The wounds in this study were inflicted as sterile wounds to achieve controlled, homogenous injuries. While clinical reports vary, roughly 70% of chronic wounds are observed to have microbial biofilm presence44. Infections may need to be resolved prior to treatment with HoxA3, but this is untested. Because the wounds in this model were acute, and yet benefit was observed, the ideal application of HoxA3 may be as a home treatment for everyday wounds in the aged or elderly, or as an early intervention in pressure ulcers in a medical, long-term care, or assisted living facilities. Inflammaging is a cumulative process that becomes more noticeable in extreme old age but occurs continuously and is accelerated in patients with other health risk factors45; therefore, HoxA3 treatment might be most beneficial in elderly patients yet still useful in middle-age.

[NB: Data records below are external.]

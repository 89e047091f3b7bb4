//! The difference of two ordered maps, in the order of the keys.
ghost use Rattle.std.specs.Prelude.{◌≡◌, IfNone, IfSome, length};
ghost use Rattle.std.specs.List.Sorted.{IsStrictlySortedBy};
ghost use Rattle.std.specs.Iterator.{UpTo, YieldsFirstBy, at_most, item_count};
ghost use Rattle.std.specs.Iterator.SizeHint.{IsWithinCount};
ghost use Rattle.iddqd.specs.Contents.{Ascends};
ghost use Rattle.iddqd.specs.Counting.{CountsAtMost};
ghost use Rattle.iddqd_diff.specs.Difference.{shown};

use super::peeked::Peeked;
use crate::diffable::Diffable;
use crate::difference::Difference;
use iddqd::{IdOrdItem, IdOrdMap, Steps};
use std::cmp::Ordering;
use std::iter::FusedIterator;
use std::marker::Model;

/// The differences of two ordered maps, in ascending order of the keys. A step makes at most one comparison, so the
/// whole walk makes at most one for each item of either map. Does not allocate. Contracts see the differences to come.
#[derive(Drop)]
pub struct Diff<'o, 'n, T: IdOrdItem> {
    before: Peeked<'o, T>,
    after: Peeked<'n, T>,
}

impl<'o, 'n, T: IdOrdItem> Model for Diff<'o, 'n, T> {
    ghost use Rattle.std.specs.Prelude.{List};
    ghost use Rattle.iddqd_diff.specs.declared.difference.Difference.{Difference};
    ghost use Rattle.iddqd_diff.specs.Walks.{merged};

    ghost Value = { List (Difference T T) };

    ghost view = { λ d. merged T.key T.Key.cmp d.before d.after };
}

impl<'o, 'n, T: IdOrdItem> Diffable<&'n IdOrdMap<T>> for &'o IdOrdMap<T> {
    type Item = T;

    type Key = T::Key;

    type Diff = Diff<'o, 'n, T>;

    ghost key = { T.key };

    ghost old_items = { λ map. map.now.items };

    ghost new_items = { λ map. map.now.items };

    ghost are_keyed = { λ before after. Ascends T.key T.Key.cmp before.now.items
        × Ascends T.key T.Key.cmp after.now.items };

    ghost to_come = { λ rest. rest };

    ghost same_items = { λ xs ys. xs ≡ ys };

    ghost in_order = { IsStrictlySortedBy T.Key.cmp };

    fn diff(self, after: &'n IdOrdMap<T>) -> Diff<'o, 'n, T> {
        Diff {
            before: Peeked::over(self.iter()),
            after: Peeked::over(after.iter()),
        }
    }
}

impl<'o, 'n, T: IdOrdItem> Diff<'o, 'n, T> {
    /// As `next`, with the comparisons counted: at most one, and none at the end.
    pub fn next_counted(&mut self, steps: &mut Steps) -> Option<Difference<&'o T, &'n T>>
        ensures gives { YieldsFirstBy shown (λ rest. rest) self.old result self.new }

        // what it costs
        ensures steps { CountsAtMost steps.old steps.new 1 }
        ensures none { IfNone result (steps.new ≡ steps.old) }
    {
        let Some(old) = self.before.peek() else {
            let new = self.after.peek()?;
            self.after.advance();
            return Some(Difference::Added(new));
        };
        let Some(new) = self.after.peek() else {
            self.before.advance();
            return Some(Difference::Removed(old));
        };
        match steps.compare(old.key(), new.key()) {
            Ordering::Less => {
                self.before.advance();
                Some(Difference::Removed(old))
            }
            Ordering::Greater => {
                self.after.advance();
                Some(Difference::Added(new))
            }
            Ordering::Equal => {
                self.before.advance();
                self.after.advance();
                Some(Difference::Kept(old, new))
            }
        }
    }
}

impl<'o, 'n, T: IdOrdItem> Iterator for Diff<'o, 'n, T> {
    type Item = Difference<&'o T, &'n T>;

    ghost next_gives = { YieldsFirstBy shown (λ rest. rest) };

    ghost remaining = { item_count (λ rest. rest) };

    fn next(&mut self) -> Option<Difference<&'o T, &'n T>> {
        self.next_counted(&mut Steps::new())
    }

    fn size_hint(&self) -> (usize, Option<usize>)
        ensures lower { IsWithinCount result.0 (at_most (length self.now)) }
        ensures upper { IfSome result.1 (UpTo (at_most (length self.now))) }
    {
        let old = self.before.len();
        let new = self.after.len();
        (old.max(new), Some(old + new))
    }
}

impl<'o, 'n, T: IdOrdItem> FusedIterator for Diff<'o, 'n, T> {}
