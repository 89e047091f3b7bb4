//! Rows: maps that are equal, that share no key, of which one is empty, and keys that are equal though spelled
//! differently.
use super::held::{Sides, count_changes, differences};
use crate::prelude::*;

// Two maps whose names differ in case alone, and one name beside.
fn spellings(
    rt: &impl Abort,
    (mut before, mut after): (Either<Coarse>, Either<Coarse>),
) -> (Either<Coarse>, Either<Coarse>) {
    check(rt, before.is_put(item_of(*b"web", 1)));
    check(rt, before.is_put(item_of(*b"db1", 2)));
    check(rt, after.is_put(item_of(*b"WEB", 1)));
    check(rt, after.is_put(item_of(*b"Tmp", 3)));
    (before, after)
}

// A name's spelling and its value, if a map has an item there.
type Spelled = Option<([u8; 3], u32)>;

fn shown(side: &Option<Coarse>) -> Spelled {
    side.as_ref().map(|item| spelled(item))
}

// Whether these are the differences, by the names' spellings and the values.
fn are(rt: &impl Abort, found: &[Sides<Coarse>], wanted: &[(Spelled, Spelled)]) {
    check(rt, found.len() == wanted.len());
    for (sides, other) in found.iter().zip(wanted) {
        check(rt, shown(&sides.0) == other.0 && shown(&sides.1) == other.1);
    }
}

#[test]
fn spelled_differently_in_order(rt: HostRuntime) {
    let (before, after) = spellings(&rt, (in_order(rt.alloc()), in_order(rt.alloc())));
    let found = differences(&before, &after, rt.alloc()).expect(&rt, "memory");
    let wanted = [
        (Some((*b"db1", 2)), None),
        (None, Some((*b"Tmp", 3))),
        (Some((*b"web", 1)), Some((*b"WEB", 1))),
    ];
    are(&rt, found.as_slice(), &wanted);
    check(&rt, count_changes(&before, &after) == 2);
}

#[test]
fn spelled_differently_by_hash(rt: HostRuntime) {
    let (before, after) = spellings(&rt, (by_hash(rt.alloc()), by_hash(rt.alloc())));
    let found = differences(&before, &after, rt.alloc()).expect(&rt, "memory");
    let wanted = [
        (Some((*b"web", 1)), Some((*b"WEB", 1))),
        (Some((*b"db1", 2)), None),
        (None, Some((*b"Tmp", 3))),
    ];
    are(&rt, found.as_slice(), &wanted);
}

The use of HoxA3 in inflamed wounds in youthful patients is more speculative, but stump wounds can become chronic due to abrasion with the prosthetic even without microbial involvement, and this environment is hyper-inflammatory46.

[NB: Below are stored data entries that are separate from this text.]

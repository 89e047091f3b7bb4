//! A walk that shows its next item before it gives it.
ghost use Rattle.std.specs.Prelude.{◌≡◌, ◌≤◌, ◌∷◌, [], drop, length, MatchOption};

use iddqd::id_ord_map::Iter;
use std::marker::Model;

/// The items of an ordered map that are to come. The next one is at hand.
#[derive(Drop)]
pub struct Peeked<'a, T> {
    next: Option<&'a T>,
    rest: Iter<'a, T>,
}

impl<'a, T> Model for Peeked<'a, T> {
    ghost use Rattle.std.specs.Prelude.{◌≡◌, ◌<◌, ◌^◌, List, [], IfNone, length};
    ghost use Rattle.iddqd_diff.specs.Walks.{with_next};

    ghost Value = { List T };

    ghost view = { λ p. with_next p.next p.rest };

    ghost invariant = { λ p. IfNone p.next (p.rest ≡ []) × (length (with_next p.next p.rest) < 2 ^ 32) };
}

impl<'a, T> Peeked<'a, T> {
    /// Takes the first item of the walk.
    pub fn over(mut rest: Iter<'a, T>) -> Self
        requires fits { length rest ≤ u32.MAX }
        ensures { result ≡ rest.entry }
    {
        let next = rest.next();
        Peeked { next, rest }
    }

    /// Returns the next item, and stays before it.
    pub fn peek(&self) -> Option<&'a T>
        ensures { MatchOption result (self.now ≡ [])
            (λ x. self.now ≡ x.now ∷ drop 1 self.now) }
    {
        self.next
    }

    /// Goes on to the item behind the next one.
    pub fn advance(&mut self)
        ensures { self.new ≡ drop 1 self.old }
    {
        self.next = self.rest.next();
    }

    /// Returns the number of items that are to come.
    pub fn len(&self) -> usize
        ensures len { result ≡ length self.now }
        ensures fits { result ≤ u32.MAX }
    {
        self.rest.len() + usize::from(self.next.is_some())
    }
}
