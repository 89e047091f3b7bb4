//! How often a difference compares and hashes keys.
use crate::prelude::*;
use iddqd::Steps;
use iddqd_diff::Diffable;
use test_support::counting::{Counts, Tallied};

fn old_and_new(counts: &Counts) -> ([Tallied<'_>; 4], [Tallied<'_>; 3]) {
    let (two, three) = (counts.item(2), counts.item(3));
    (
        [counts.item(1), two, three, counts.item(5)],
        [two, three, counts.item(4)],
    )
}

// A step at which one map has ended compares none, and neither does the last.
#[test]
fn a_step_compares_once(rt: HostRuntime) {
    let counts = Counts::default();
    let (old, new) = old_and_new(&counts);
    let before = IdOrdMap::from_iter(rt.alloc(), old).expect(&rt, "memory");
    let after = IdOrdMap::from_iter(rt.alloc(), new).expect(&rt, "memory");
    let _ = counts.since();
    let mut steps = Steps::new();
    let mut differences = before.diff(&after);
    for (wanted, more) in [(1, 1), (2, 1), (3, 1), (4, 1), (4, 0), (4, 0u32)] {
        let _ = differences.next_counted(&mut steps);
        check(&rt, steps.count() == wanted && counts.since() == (0, more));
    }
}

// Each key of either map is hashed once, and compared with what its hash finds.
#[test]
fn each_key_is_hashed_once(rt: HostRuntime) {
    let counts = Counts::default();
    let (old, new) = old_and_new(&counts);
    let before = IdHashMap::<Tallied<'_>>::from_iter(rt.alloc(), old).expect(&rt, "memory");
    let after = IdHashMap::<Tallied<'_>>::from_iter(rt.alloc(), new).expect(&rt, "memory");
    let _ = counts.since();
    let mut count = 0u32;
    for _difference in before.diff(&after) {
        count = count.saturating_add(1);
    }
    check(&rt, count == 5 && counts.since() == (7, 4));
}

The work enclosed utilized a plasmid to achieve a durable effect. The Boudreau lab previously showed that the plasmids are not expressed in the peripheral blood at 4 days29. Plasmids generally do not integrate into the host genome and thus should be safe47. However, the regulatory path for naked plasmid-based therapies is sparsely populated in the US48. A protein may have an easier path to translation. While this study explored the minimal required dosing frequency and amount of plasmid, extrapolating the equivalent dose with HoxA3 topical protein is nontrivial both due to differences in degradation, cellular uptake, nuclear trafficking, and intracellular half-life and the harsh, protease-rich wound healing environment.

In theory, a topical treatment should minimize adverse effects versus systemic therapies. In this study, HoxA3 therapy was effective at 25 μg dosed once weekly, but not at a single dose in a 3-week study. However, a weekly dose was effective down to 1 μg. These results suggest that even modest dilution (3 or 5 fold, respectively) abrogates macroscopic biological effects which implies that nonlocal effects and thus adverse reactions of topical HoxA3 may prove manageable. Furthermore, while HoxA3 is pleitropic and affects many cell types (consistent with most Hox proteins), the immediate effects on the cells nearest to the application sites seem to be nonthreatening and potentially even beneficial. Inflammaging is generally considered deleterious, and macrophage repolarization would be a force of reversal. HoxA3 causes endothelial cells to become more motile and seems to promote angiogenesis, which is lacking in diabetic and aged tissue, although theoretically patients with active cancer should avoid angiogenic factors. Although we did not observe an increase in vascular density in the current study at the day 9 time point, previous work by Mace et al. observed increases in vascular density at earlier time points during the wound healing process. Increased keratinocyte motility would be undesirable in melanoma patients, but there is no early evidence of increased motility into unoccupied space corresponding to increased keratinocyte invasiveness. Many Hox genes are implicated in some form of cancer, in that constitutive expression seems to be a marker of worse survival, although some Hox genes seem to be protective in epithelial cancers, so the effects are likely cancer tissue type-specific and Hox-specific. HoxA3 in particular seems to have few associations to worsened cancer49.

In general, a plasmid or alternative modality for HoxA3 delivery appears to have significant translational potential. While plasmid uptake in relevant cell types has been shown in this and prior studies, bare Hox proteins can be modified for cellular uptake and activity50 and liquid nanoparticle encapsulation can preferentially target macrophages51. A clear path exists from most in-need patients (diabetic wound), to chronic wounds of the elderly in a medical care setting, to perhaps over-the-counter acute injury ointment or bandages, and potentially to wounds in younger adults with special inflammatory regions such as amputation stump wounds.